• **Material shown**:

================

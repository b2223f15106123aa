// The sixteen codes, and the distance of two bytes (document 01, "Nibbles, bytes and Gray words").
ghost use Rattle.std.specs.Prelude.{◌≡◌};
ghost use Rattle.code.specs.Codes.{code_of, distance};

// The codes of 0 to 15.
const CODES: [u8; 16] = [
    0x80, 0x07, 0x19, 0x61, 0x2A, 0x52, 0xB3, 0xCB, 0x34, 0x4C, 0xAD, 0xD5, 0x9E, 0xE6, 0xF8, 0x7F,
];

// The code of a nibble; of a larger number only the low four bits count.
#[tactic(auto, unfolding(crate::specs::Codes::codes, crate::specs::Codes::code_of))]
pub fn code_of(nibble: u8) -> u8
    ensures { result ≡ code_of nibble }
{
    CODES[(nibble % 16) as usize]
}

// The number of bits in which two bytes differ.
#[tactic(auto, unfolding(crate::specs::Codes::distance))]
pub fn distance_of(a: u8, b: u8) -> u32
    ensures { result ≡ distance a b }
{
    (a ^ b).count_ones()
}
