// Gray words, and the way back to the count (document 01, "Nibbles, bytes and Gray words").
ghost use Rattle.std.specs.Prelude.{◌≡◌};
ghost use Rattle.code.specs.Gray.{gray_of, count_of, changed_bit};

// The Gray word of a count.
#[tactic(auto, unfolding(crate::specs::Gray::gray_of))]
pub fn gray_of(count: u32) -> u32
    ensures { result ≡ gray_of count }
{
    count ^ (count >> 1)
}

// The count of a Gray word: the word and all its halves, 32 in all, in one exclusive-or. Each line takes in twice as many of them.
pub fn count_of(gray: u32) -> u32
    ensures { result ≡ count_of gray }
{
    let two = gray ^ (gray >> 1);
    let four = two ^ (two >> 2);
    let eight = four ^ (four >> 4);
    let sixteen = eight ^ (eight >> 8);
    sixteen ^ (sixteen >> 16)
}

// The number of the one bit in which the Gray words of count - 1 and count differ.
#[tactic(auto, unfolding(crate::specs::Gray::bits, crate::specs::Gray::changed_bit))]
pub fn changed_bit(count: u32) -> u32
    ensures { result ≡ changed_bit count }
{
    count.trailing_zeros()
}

================

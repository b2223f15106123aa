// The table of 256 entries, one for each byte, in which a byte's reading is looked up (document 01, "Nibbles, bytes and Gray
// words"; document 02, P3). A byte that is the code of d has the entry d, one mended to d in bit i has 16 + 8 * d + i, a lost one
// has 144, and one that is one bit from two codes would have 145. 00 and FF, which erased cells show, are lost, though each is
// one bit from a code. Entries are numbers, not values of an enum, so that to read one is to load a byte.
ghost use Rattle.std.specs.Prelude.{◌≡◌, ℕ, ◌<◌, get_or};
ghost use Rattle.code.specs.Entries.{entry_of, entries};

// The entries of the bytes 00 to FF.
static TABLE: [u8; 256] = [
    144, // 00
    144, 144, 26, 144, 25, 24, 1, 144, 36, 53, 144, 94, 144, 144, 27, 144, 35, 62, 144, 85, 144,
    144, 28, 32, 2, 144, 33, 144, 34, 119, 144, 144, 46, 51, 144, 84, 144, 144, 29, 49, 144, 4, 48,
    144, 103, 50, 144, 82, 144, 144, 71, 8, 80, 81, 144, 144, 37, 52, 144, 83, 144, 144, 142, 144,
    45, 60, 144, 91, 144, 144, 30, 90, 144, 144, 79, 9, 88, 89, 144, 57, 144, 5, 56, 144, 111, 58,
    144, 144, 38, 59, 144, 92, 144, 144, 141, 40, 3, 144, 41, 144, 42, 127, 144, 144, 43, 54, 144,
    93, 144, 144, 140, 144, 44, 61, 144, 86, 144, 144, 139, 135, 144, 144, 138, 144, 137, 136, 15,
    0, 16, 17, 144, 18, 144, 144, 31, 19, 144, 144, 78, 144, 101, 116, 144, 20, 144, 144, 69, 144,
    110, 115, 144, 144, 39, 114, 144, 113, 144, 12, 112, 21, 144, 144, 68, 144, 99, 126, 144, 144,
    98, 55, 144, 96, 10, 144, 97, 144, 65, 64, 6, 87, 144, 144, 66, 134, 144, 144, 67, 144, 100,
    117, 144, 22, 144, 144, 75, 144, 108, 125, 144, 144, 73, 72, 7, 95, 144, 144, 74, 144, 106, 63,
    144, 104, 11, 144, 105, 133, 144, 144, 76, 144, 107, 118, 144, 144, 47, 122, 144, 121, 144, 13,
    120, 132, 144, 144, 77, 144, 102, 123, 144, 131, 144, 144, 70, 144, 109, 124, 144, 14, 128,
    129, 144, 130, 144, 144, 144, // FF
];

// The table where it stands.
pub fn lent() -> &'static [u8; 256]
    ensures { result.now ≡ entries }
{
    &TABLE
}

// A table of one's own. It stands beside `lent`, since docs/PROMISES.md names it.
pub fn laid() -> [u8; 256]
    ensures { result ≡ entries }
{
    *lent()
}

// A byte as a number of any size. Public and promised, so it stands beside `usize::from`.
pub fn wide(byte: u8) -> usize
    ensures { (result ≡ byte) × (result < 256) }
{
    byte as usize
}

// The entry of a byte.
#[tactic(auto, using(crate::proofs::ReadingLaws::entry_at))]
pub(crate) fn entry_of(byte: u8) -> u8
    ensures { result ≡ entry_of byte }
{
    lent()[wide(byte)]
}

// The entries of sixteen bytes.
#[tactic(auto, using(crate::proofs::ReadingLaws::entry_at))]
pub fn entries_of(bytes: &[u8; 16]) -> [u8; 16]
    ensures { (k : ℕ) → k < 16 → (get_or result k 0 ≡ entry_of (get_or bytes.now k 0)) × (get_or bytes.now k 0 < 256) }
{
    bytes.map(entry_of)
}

================

• **Task brief**: From the listing above, collect every line that mentions the word "stands".

• **Answer space**:
// The table where it stands.
// A table of one's own. It stands beside `lent`, since docs/PROMISES.md names it.
// A byte as a number of any size. Public and promised, so it stands beside `usize::from`.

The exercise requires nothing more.